- _Goal of the exercise_
Exact reproduction required: the lines below from the line with "int(0), int(70), none(alloc));" to the line with "let released = backwards.len(state, none(alloc));", both ends included, and no others.

(Data extracts begins)

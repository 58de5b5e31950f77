//! `World`: objects that are named by handles, and commands as values.
use crate::telling::{Told, equal, hears};
use crate::values::int;
use pybuf::{
    ByteInnerNewOptions, Command, ExporterKind, Fault, Made, ReplyList, Value, Verb, World,
};
use std::alloc::Global;
use std::test::Fail;

/// The command that makes a bytearray.
fn new_bytearray(alloc: Global, bytes: &[u8]) -> Made<Command> {
    Ok(Command::New {
        kind: ExporterKind::ByteArray,
        options: ByteInnerNewOptions {
            source: Some(Value::bytes(alloc, bytes)?),
            encoding: None,
            errors: None,
        },
    })
}

/// A command on what a handle names.
fn ask(subject: u64, verb: Verb) -> Command {
    Command::Do { subject, verb }
}

#[test]
fn a_run_has_a_reply_for_each_command(rt: HostRuntime) -> Result<(), Fail> {
    let alloc = rt.alloc();
    let mut world = World::new(alloc);
    let mut replies = ReplyList::new(alloc);
    let commands = [
        new_bytearray(alloc, b"\x01\x02")?,
        ask(0, Verb::View),
        ask(1, Verb::Get { key: int(-1) }),
        ask(0, Verb::Append { value: int(3) }),
    ];
    world.run(&commands, &mut replies)?;
    hears(&rt, replies.get(0), Told::Handle(0));
    hears(&rt, replies.get(1), Told::Handle(1));
    hears(&rt, replies.get(2), Told::Number(2));
    hears(&rt, replies.get(3), Told::Refused(Fault::Buffer));
    let release = ask(1, Verb::Release);
    hears(&rt, Some(&world.step(&release)?), Told::Done);
    equal(&rt, world.handle_count(), 2);
    Ok(())
}
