//! `PyMemoryView`, as Python's `memoryview`.
use crate::telling::{Told, gives, same, tells};
use crate::values::{every, int, none, text};
use pybuf::{Fault, Made, PyByteArray, PyMemoryView, Scalar, ScalarList, Value};
use std::alloc::Global;
use std::test::Fail;

#[test]
fn a_slice_of_a_view_shares_the_bytes(rt: HostRuntime) -> Result<(), Fail> {
    let alloc = rt.alloc();
    let mut array = PyByteArray::from_slice(alloc, b"abcdef")?;
    tells(&rt, array.as_buffer(none(alloc)), Told::View(0));
    let (state, view) = (array.state_mut(), PyMemoryView::of(0));
    let sliced = view.getitem(state, every(-2), none(alloc));
    tells(&rt, sliced, Told::View(1));
    let backwards = PyMemoryView::of(1);
    gives(&rt, backwards.tobytes(state, None, none(alloc)), b"fdb");
    let set = backwards.setitem(state, int(0), int(70), none(alloc));
    tells(&rt, set, Told::Done);
    same(&rt, state.bytes(), b"abcdeF");
    tells(&rt, backwards.exit(state, none(alloc)), Told::Done);
    let released = backwards.len(state, none(alloc));
    tells(&rt, released, Told::Refused(Fault::Value));
    Ok(())
}

/// The shape `(2, 3)` as a value.
fn two_by_three(alloc: Global) -> Made<Value> {
    let shape = [Scalar::Int(2), Scalar::Int(3)];
    Ok(Value::Tuple(ScalarList::from_slice(alloc, &shape)?))
}

#[test]
fn a_cast_has_a_shape(rt: HostRuntime) -> Result<(), Fail> {
    let alloc = rt.alloc();
    let mut array = PyByteArray::from_slice(alloc, b"abcdef")?;
    let state = array.state_mut();
    let view = PyMemoryView::of_all(state)?;
    let (format, shape) = (text(alloc, "B")?, two_by_three(alloc)?);
    let cast = view.cast(state, format, Some(shape), none(alloc));
    tells(&rt, cast, Told::View(1));
    let rows = PyMemoryView::of(1);
    tells(&rt, rows.len(state, none(alloc)), Told::Number(2));
    let turned = rows.getitem(state, every(-1), none(alloc));
    tells(&rt, turned, Told::View(2));
    let turned = PyMemoryView::of(2);
    gives(&rt, turned.tobytes(state, None, none(alloc)), b"defabc");
    Ok(())
}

(Data extracts ends)

- _Answer area_
    let set = backwards.setitem(state, int(0), int(70), none(alloc));
    tells(&rt, set, Told::Done);
    same(&rt, state.bytes(), b"abcdeF");
    tells(&rt, backwards.exit(state, none(alloc)), Told::Done);
    let released = backwards.len(state, none(alloc));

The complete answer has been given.